Equally significantly, the CMC had toyed with the idea of abolishing the seven military regions (MRs), a Maoist institution that has become woefully obsolete.

"Immediately after the fall of Baghdad, CMC members were inclined toward curtailing half or all of the seven MRs," said a Chinese source close to PLA think tanks.

He said the CMC wanted to emulate America‘s command-and-control system, particularly centralized leadership of the disparate divisions to improve operational integration and make possible near-instantaneous implementation of orders.

"The MR system has slowed down decision-making and enabled powerful generals to build fiefdoms," he added.

It is understood, however, that the seven MRs are to stay for the time being.

Jiang‘s legacy
 
China has announced a $22.4 billion budget for military spending this year.  
Relatively major surgery will only be done on the Navy and Air Force in order to speed up policy implementation.

Thus, the CMC has in principle decided to do away with all nine naval bases, or divisional commands -- as well as the five Air Force regional commands.

These less-than-thorough measures, however, will seriously handicap PLA efforts to attain American standards in either a streamlined chain of command or combat efficiency.

One reason for the foot-dragging is that Hu, who is anxious to replace Jiang as CMC supremo in a year or so, does not want to alienate the generals through loping off too many plum jobs.

An even bigger disappointment is the top brass‘s decision to do nothing about the highly politicized nature of the PLA, that is, the army as the minion of the party‘s largest faction.

Ex-president Jiang has successfully used the army to bolster his Shanghai Faction -- and to make propaganda for the Jiang Zemin Theory.

The past few months have witnessed Mao-style ideological campaigns being waged within the PLA to establish the authority of Jiang‘s "Theory of the Three Represents."

According to CMC Vice-Chairman General Guo Boxiong, Jiang‘s "comprehensive and all-embracing" edicts on defense issues amounted to a "system of military science that is able to progress with the times."

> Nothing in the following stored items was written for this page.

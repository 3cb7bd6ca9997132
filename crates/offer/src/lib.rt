// An offer: of two image files, the installed one and a candidate, the one with the higher version.
#![tactic(auto)]

ghost use Rattle.std.specs.Prelude.{◌≡◌};
ghost use Rattle.offer.specs.Offer.{refusal_number, file_number, offered, offer_of, HandsBack};

use image::{HEADER, image_at, version_of};
use version::order::compare_fields;
use version::rank::MALFORMED;

// The number given where the installed image is not valid.
pub const BAD_INSTALLED: u32 = 62;

// The number given where the candidate is not valid.
pub const BAD_CANDIDATE: u32 = 63;

// The number of the installed file.
pub const INSTALLED: u32 = 1;

// The number of the candidate.
pub const CANDIDATE: u32 = 2;

// Why nothing is offered.
#[derive(Clone, Copy, Debug, PartialEq, Eq)]
pub enum Refusal {
    BadInstalled,
    BadCandidate,
    // Either version's text is malformed.
    Malformed,
}

// A refusal's number.
impl From<Refusal> for u32 {
    ghost from_gives = { λ refusal number. number ≡ refusal_number refusal };

    fn from(refusal: Refusal) -> u32 {
        match refusal {
            Refusal::BadInstalled => BAD_INSTALLED,
            Refusal::BadCandidate => BAD_CANDIDATE,
            Refusal::Malformed => MALFORMED,
        }
    }
}

// One of the two files.
#[derive(Clone, Copy, Debug, PartialEq, Eq)]
pub enum File {
    Installed,
    Candidate,
}

// A file's number.
impl From<File> for u32 {
    ghost from_gives = { λ file number. number ≡ file_number file };

    fn from(file: File) -> u32 {
        match file {
            File::Installed => INSTALLED,
            File::Candidate => CANDIDATE,
        }
    }
}

// The file that wins, and how many bytes of code it has.
#[derive(Clone, Copy, Debug, PartialEq, Eq)]
pub struct Winner {
    pub file: File,
    pub size: usize,
}

// The number 0, the file that wins, and where its code lies there; or a refusal's number and zeros, as C takes it.
#[repr(C)]
#[derive(Clone, Copy, Debug, PartialEq, Eq)]
pub struct Offered {
    pub number: u32,
    pub file: u32,
    pub place: usize,
    pub size: usize,
}

impl From<Result<Winner, Refusal>> for Offered {
    ghost from_gives = { λ winner result. result ≡ offered winner };

    fn from(winner: Result<Winner, Refusal>) -> Offered {
        match winner {
            Ok(winner) => Offered {
                number: 0,
                file: u32::from(winner.file),
                place: HEADER,
                size: winner.size,
            },
            Err(refusal) => Offered {
                number: u32::from(refusal),
                file: 0,
                place: 0,
                size: 0,
            },
        }
    }
}

// The winner of two files: the candidate, where its version is the higher one.
#[tactic(auto, using(image::proofs::Images::found_inside), unfolding(crate::specs::Offer::offer_of))]
fn decide(installed: &[u8], candidate: &[u8]) -> Result<Winner, Refusal>
    ensures { offered result ≡ offer_of installed.now candidate.now }
{
    let ours = image_at(installed, 0).ok_or(Refusal::BadInstalled)?;
    let other = image_at(candidate, 0).ok_or(Refusal::BadCandidate)?;
    let versions = compare_fields(version_of(installed), version_of(candidate));
    let (file, size) = if versions.ok_or(Refusal::Malformed)?.is_lt() {
        (File::Candidate, other.size)
    } else {
        (File::Installed, ours.size)
    };
    Ok(Winner { file, size })
}

// The offer of two files.
pub fn judge(installed: &[u8], candidate: &[u8]) -> Offered
    ensures { result ≡ offer_of installed.now candidate.now }
{
    Offered::from(decide(installed, candidate))
}

// The code of the file that wins, as a part of that file, and the offer's number. Where the offer is refused, the part is the
// installed file's first 0 bytes. The number stays lent, for the clause `number_after`.
#[tactic(auto, using(crate::proofs::Handed::handed))]
pub fn offer<'a>(installed: &'a [u8], candidate: &'a [u8], number: &mut u32) -> &'a [u8]
    ensures hands_back { HandsBack installed.entry candidate.entry result }
    ensures number_after { number.new ≡ (offer_of installed.now candidate.now).number }
{
    let winner = decide(installed, candidate);
    *number = winner.map_or_else(u32::from, |_| 0);
    let Ok(Winner { file, size }) = winner else {
        return &installed[0..0];
    };
    match file {
        File::Candidate => &candidate[HEADER..HEADER + size],
        File::Installed => &installed[HEADER..HEADER + size],
    }
}
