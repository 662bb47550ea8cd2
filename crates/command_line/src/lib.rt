//! The command line: the command that its arguments name, with its paths, its router name and its number.
//!
//! It promises that the result is the command that the arguments spell, with each argument in its role.
#![tactic(auto)]

mod arguments;

pub use arguments::{Arguments, ScheduleKind, USAGE, parse};
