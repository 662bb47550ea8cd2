//! The command-line arguments of the program.
ghost use Rattle.std.specs.Prelude.{◌≡◌, ◌≤◌, ◌<◌, ◌-◌, ℕ, IfSome};
ghost use Rattle.command_line.specs.CommandLine as line;
ghost use Rattle.command_line.specs.Words.{command_line_in, command_of_four, command_of_one, command_of_three, grow_of, kind_of, level_of, meaning, number_from, routers_of, topo_at, IsTopology};
ghost use Rattle.command_line.specs.declared.arguments.Arguments.TheVariants as arguments;

use domain_conf::system_octets;
use itoa::Buffer;
use wire_base::limits::MOST_ROUTERS;
use wire_base::{Level, SystemId};

/// The commands that execute a schedule in a domain.
#[derive(Clone, Copy, Debug, PartialEq, Eq)]
pub enum ScheduleKind {
    /// `replay`, which writes a capture in the pcap format, with microseconds.
    Replay,
    /// `replay-ng`, which writes pcapng, with an interface for each interface of the domain.
    ReplayNg,
    /// `handshake`, in whose schedule interfaces come up and go down by hellos (RFC 5303).
    Handshake,
    /// `check`, whose schedule also asks whether the domain is quiet and which BFR-ids are covered.
    Check,
}

/// The command that the arguments name. Paths are as given.
#[derive(Clone, Copy, Debug, PartialEq, Eq)]
pub enum Arguments<'a> {
    /// `replay CONF SCHEDULE FRAMES`, and the other commands that execute a schedule.
    Replay {
        kind: ScheduleKind,
        conf: &'a str,
        schedule: &'a str,
        frames: &'a str,
    },
    /// `node CONF ROUTER CAPTURE FRAMES`
    Node {
        conf: &'a str,
        router: &'a str,
        capture: &'a str,
        frames: &'a str,
    },
    /// `hop INPUT`
    Hop {
        input: &'a str,
    },
    /// `headers CAPTURE`
    Headers {
        capture: &'a str,
    },
    /// `grow N`: the number of routers, 3 to `MOST_ROUTERS`.
    Grow {
        routers: u16,
    },
    /// `topo CAPTURE LEVEL MT FROM`: the topology, 0 to 4,095 (RFC 5120, 7), and the system that paths start at.
    Topo {
        capture: &'a str,
        level: Level,
        mt: u16,
        from: SystemId,
    },
    /// An unknown command line.
    Unknown,
}

/// The line that is reported for an unknown command line.
pub const USAGE: &[u8] =
    b"usage: bier_domain replay CONF SCHEDULE FRAMES | node CONF ROUTER CAPTURE FRAMES | hop INPUT | headers CAPTURE | grow N | handshake CONF SCHEDULE FRAMES | topo CAPTURE LEVEL MT FROM | replay-ng CONF SCHEDULE FRAMES | check CONF SCHEDULE FRAMES\n";

/// Parses a number from `low` to `end - 1`, in decimal digits without a leading zero.
#[tactic(auto, unfolding(crate::specs::Words::number_from))]
fn number_in(word: &[u8], low: u16, end: u16) -> Option<u16>
    requires { low ≤ end }
    ensures value { result ≡ number_from low (end - low) word.now }
    ensures some { IfSome result (λ n. low ≤ n) }
    ensures few { IfSome result (λ n. n < end) }
{
    for n in low..end {
        let mut digits = Buffer::new();
        if digits.format(n).as_bytes() == word {
            return Some(n);
        }
    }
    None
}

/// Returns the arguments `grow N`.
fn grow_by<'a>(word: &[u8]) -> Arguments<'a>
    ensures value { meaning result ≡ grow_of (routers_of word.now) }
    ensures some { (n : ℕ) → result ≡ arguments.Grow n → 3 ≤ n }
    ensures few { (n : ℕ) → result ≡ arguments.Grow n → n ≤ MOST_ROUTERS }
{
    match number_in(word, 3, MOST_ROUTERS as u16 + 1) {
        Some(routers) => Arguments::Grow { routers },
        None => Arguments::Unknown,
    }
}

/// Parses a level, `1` or `2`.
#[tactic(auto, unfolding(crate::specs::Words::level_of))]
fn level_in(word: &str) -> Option<Level>
    ensures { result ≡ level_of word.now }
{
    match word {
        "1" => Some(Level::One),
        "2" => Some(Level::Two),
        _ => None,
    }
}

/// Returns the arguments `topo CAPTURE LEVEL MT FROM`.
fn topo_by<'a>(capture: &'a str, level: &str, mt: &str, from: &str) -> Arguments<'a>
    ensures value { meaning result ≡ topo_at capture.now (level_of level.now) mt.now from.now }
    ensures topology { IsTopology result }
    ensures not_grow { (n : ℕ) → result ≡ arguments.Grow n → ⊥ }
{
    let Some(level) = level_in(level) else {
        return Arguments::Unknown;
    };
    let Some(mt) = number_in(mt.as_bytes(), 0, 4096) else {
        return Arguments::Unknown;
    };
    let Some(octets) = system_octets(from.as_bytes()) else {
        return Arguments::Unknown;
    };
    let from = SystemId(octets);
    Arguments::Topo {
        capture,
        level,
        mt,
        from,
    }
}

/// Returns the command with one argument that the first word selects.
fn with_one<'a>(command: &str, argument: &'a str) -> Arguments<'a>
    ensures value { meaning result ≡ command_of_one command.now argument.now }
    ensures some { (n : ℕ) → result ≡ arguments.Grow n → 3 ≤ n }
    ensures few { (n : ℕ) → result ≡ arguments.Grow n → n ≤ MOST_ROUTERS }
    ensures topology { IsTopology result }
{
    match command {
        "hop" => Arguments::Hop { input: argument },
        "headers" => Arguments::Headers { capture: argument },
        "grow" => grow_by(argument.as_bytes()),
        _ => Arguments::Unknown,
    }
}

/// Returns the command of that name that executes a schedule.
#[tactic(auto, unfolding(crate::specs::Words::kind_of))]
fn kind_in(command: &str) -> Option<ScheduleKind>
    ensures { result ≡ kind_of command.now }
{
    match command {
        "replay" => Some(ScheduleKind::Replay),
        "replay-ng" => Some(ScheduleKind::ReplayNg),
        "handshake" => Some(ScheduleKind::Handshake),
        "check" => Some(ScheduleKind::Check),
        _ => None,
    }
}

/// Returns the command with a domain file, a schedule and a capture that the first word selects.
fn with_three<'a>(command: &str, conf: &'a str, schedule: &'a str, frames: &'a str) -> Arguments<'a>
    ensures value { meaning result ≡ command_of_three command.now conf.now schedule.now frames.now }
    ensures topology { IsTopology result }
    ensures not_grow { (n : ℕ) → result ≡ arguments.Grow n → ⊥ }
{
    match kind_in(command) {
        Some(kind) => Arguments::Replay {
            kind,
            conf,
            schedule,
            frames,
        },
        None => Arguments::Unknown,
    }
}

/// Returns the command with four arguments that the first word selects.
fn with_four<'a>(
    command: &str,
    first: &'a str,
    second: &'a str,
    third: &'a str,
    fourth: &'a str,
) -> Arguments<'a>
    ensures value { meaning result ≡ command_of_four command.now first.now second.now third.now fourth.now }
    ensures topology { IsTopology result }
    ensures not_grow { (n : ℕ) → result ≡ arguments.Grow n → ⊥ }
{
    match command {
        "node" => Arguments::Node {
            conf: first,
            router: second,
            capture: third,
            frames: fourth,
        },
        "topo" => topo_by(first, second, third, fourth),
        _ => Arguments::Unknown,
    }
}

/// Parses the arguments that follow the program's name. Each is compared exactly; there are no options.
#[tactic(auto, unfolding(crate::specs::Words::command_line))]
pub fn parse<'a>(words: &[&'a str]) -> Arguments<'a>
    ensures value { meaning result ≡ command_line_in words.now }
    ensures some { (n : ℕ) → result ≡ arguments.Grow n → 3 ≤ n }
    ensures few { (n : ℕ) → result ≡ arguments.Grow n → n ≤ MOST_ROUTERS }
    ensures topology { IsTopology result }
{
    match words {
        [command, argument] => with_one(*command, *argument),
        [command, conf, schedule, frames] => with_three(*command, *conf, *schedule, *frames),
        [command, first, second, third, fourth] => {
            with_four(*command, *first, *second, *third, *fourth)
        }
        _ => Arguments::Unknown,
    }
}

And Chief Political Commissar General Xu Caihou has exhorted the rank and file to study and propagate Jiang‘s ideas "with a sense of mission, a sense of responsibility and the fullest political enthusiasm."

Communist force
In his August 1 address, General Cao Gangchuan, another CMC Vice-Chairman, pointed out that military units were undergoing "transformation with Chinese characteristics."

Cao explained that while the army‘s combat skills would be raised, at least as much emphasis would be put on the PLA "safeguarding its essence" as a Communist force.

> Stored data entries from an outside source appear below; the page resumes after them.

// What a program over a site reads and prints: words, and a site's line.
#![tactic(auto)]

use site::Site;
use std::io;

// What a word asks of a site.
pub enum Word {
    Start(u32),
    Put(u32, u32),
    Hall,
}

// The site with another number in one of its places, counted from 0. A place that it has not is passed over.
pub fn with_number(site: &Site, place: u32, number: u32) -> Site {
    let mut places = site.places();
    if let Some(held) = places.get_mut(place as usize) {
        *held = number;
    }
    Site::of_places(&places)
}

fn is_number(word: &str) -> bool {
    !word.is_empty() && word.bytes().all(|byte| byte.is_ascii_digit())
}

// The one number of a word.
fn number(word: &str) -> u32 {
    console::first_of(console::numbers_in(word.as_bytes()).as_slice())
}

// 12 is a start, 2=9 a number for a place, and another word the name of a hall file.
pub fn read(word: &str) -> Word {
    if is_number(word) {
        return Word::Start(number(word));
    }
    match word.split_once('=') {
        Some((place, held)) if is_number(place) && is_number(held) => {
            Word::Put(number(place), number(held))
        }
        _ => Word::Hall,
    }
}

// The first rows of a plan's places with commas, - for none.
fn print_plan(rt: &impl Print, rows: &[u32], count: usize) -> io::Result<()> {
    print!(rt; " ")?;
    if count == 0 {
        return print!(rt; "-");
    }
    for (i, row) in rows.iter().take(count).enumerate() {
        let comma = if i == 0 { "" } else { "," };
        print!(rt; "{comma}{row}")?;
    }
    Ok(())
}

// The line of a site: its stock, the kits left, and its plans.
pub fn print_site(rt: &impl Print, site: &Site) -> io::Result<()> {
    print!(rt; "STOCK {} LEFT {} PLANS", site.stock, site.left)?;
    let halls = site.rows.chunks(256).zip(&site.lengths);
    for (rows, count) in halls.take(site.halls as usize) {
        print_plan(rt, rows, *count as usize)?;
    }
    println!(rt;)
}
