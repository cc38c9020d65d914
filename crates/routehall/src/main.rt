// Routes: for each four arguments, a hall file, its rows such as 1,3 (or - for none) and two junctions, prints the route from the first to the second.
#![tactic(auto)]

use answers::Finding;
use routing::Way;
use std::io;
use std::rt::Files;

fn print_way(rt: &impl Print, file: &[u8], rows: &str, from: &str, to: &str) -> io::Result<()> {
    let choice = console::numbers_in(rows.as_bytes());
    let from = console::first_of(console::numbers_in(from.as_bytes()).as_slice());
    let to = console::first_of(console::numbers_in(to.as_bytes()).as_slice());
    let mut route = [0i32; 63];
    match routing::route(file, choice.as_slice(), from, to, &mut route) {
        Ok(Way::Route(steps)) => console::print_route(rt, &route, steps),
        Ok(Way::Misses(shore)) => rt.println(Finding::Misses(shore)),
        Err(refusal) => rt.println(refusal),
    }
}

fn find_way<R: Files + Print + Eprint>(rt: &R, words: &[String]) -> io::Result<()> {
    let name = input::argument(words, 0);
    let rows = input::argument(words, 1);
    let from = input::argument(words, 2);
    let to = input::argument(words, 3);
    print!(rt; "{name} {rows} {from} {to}: ")?;
    input::answer_file(rt, name, |file| print_way(rt, file, rows, from, to))
}

fn main(rt: HostRuntime) -> io::Result<()> {
    input::answer_each(&rt, 4, |words| find_way(&rt, words))
}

As long as the PLA remains an ideology-driven "pillar of stability" for the party, however, attempts to upgrade professional standards may be off the mark.

Since early this year, Hu and allies such as Premier Wen Jiabao have made progress in boosting transparency and accountability in the civil service.

For example, in the course of the SARS outbreak, information relating to the epidemic was released relatively quickly and incompetent officials including two ministerial-level cadres were sacked.

However, Hu has accomplished little regarding PLA transparency or accountability, if only because quite a number of generals still think they need only satisfy the whims of patriarch Jiang.

In its latest annual assessment of the PLA, the U.S. Department of Defense criticized Beijing for the relentless build-up of missiles and other advanced weaponry that could upset regional stability.

Given China‘s high-speed GDP growth as well as its global clout, it is difficult to convince the leadership that there is anything wrong with nurturing an army that is commensurate with the nation‘s economic and geo-political importance.

A more valid point is that real defense modernization cannot be achieved as long as most military matters remain shrouded in secrecy -- and not subject to the scrutiny of bodies such as the National People‘s Congress.

And Hu, who has staked his reputation on the promotion of rule of law, should know that a politicized and factionalized PLA could wreak havoc on the reforms that he is pushing in the economy and government.

Has anyone come across any recent analyses of the East Asian balance of power? Specifically how China‘s attempted reforms are influencing the teeter-totter?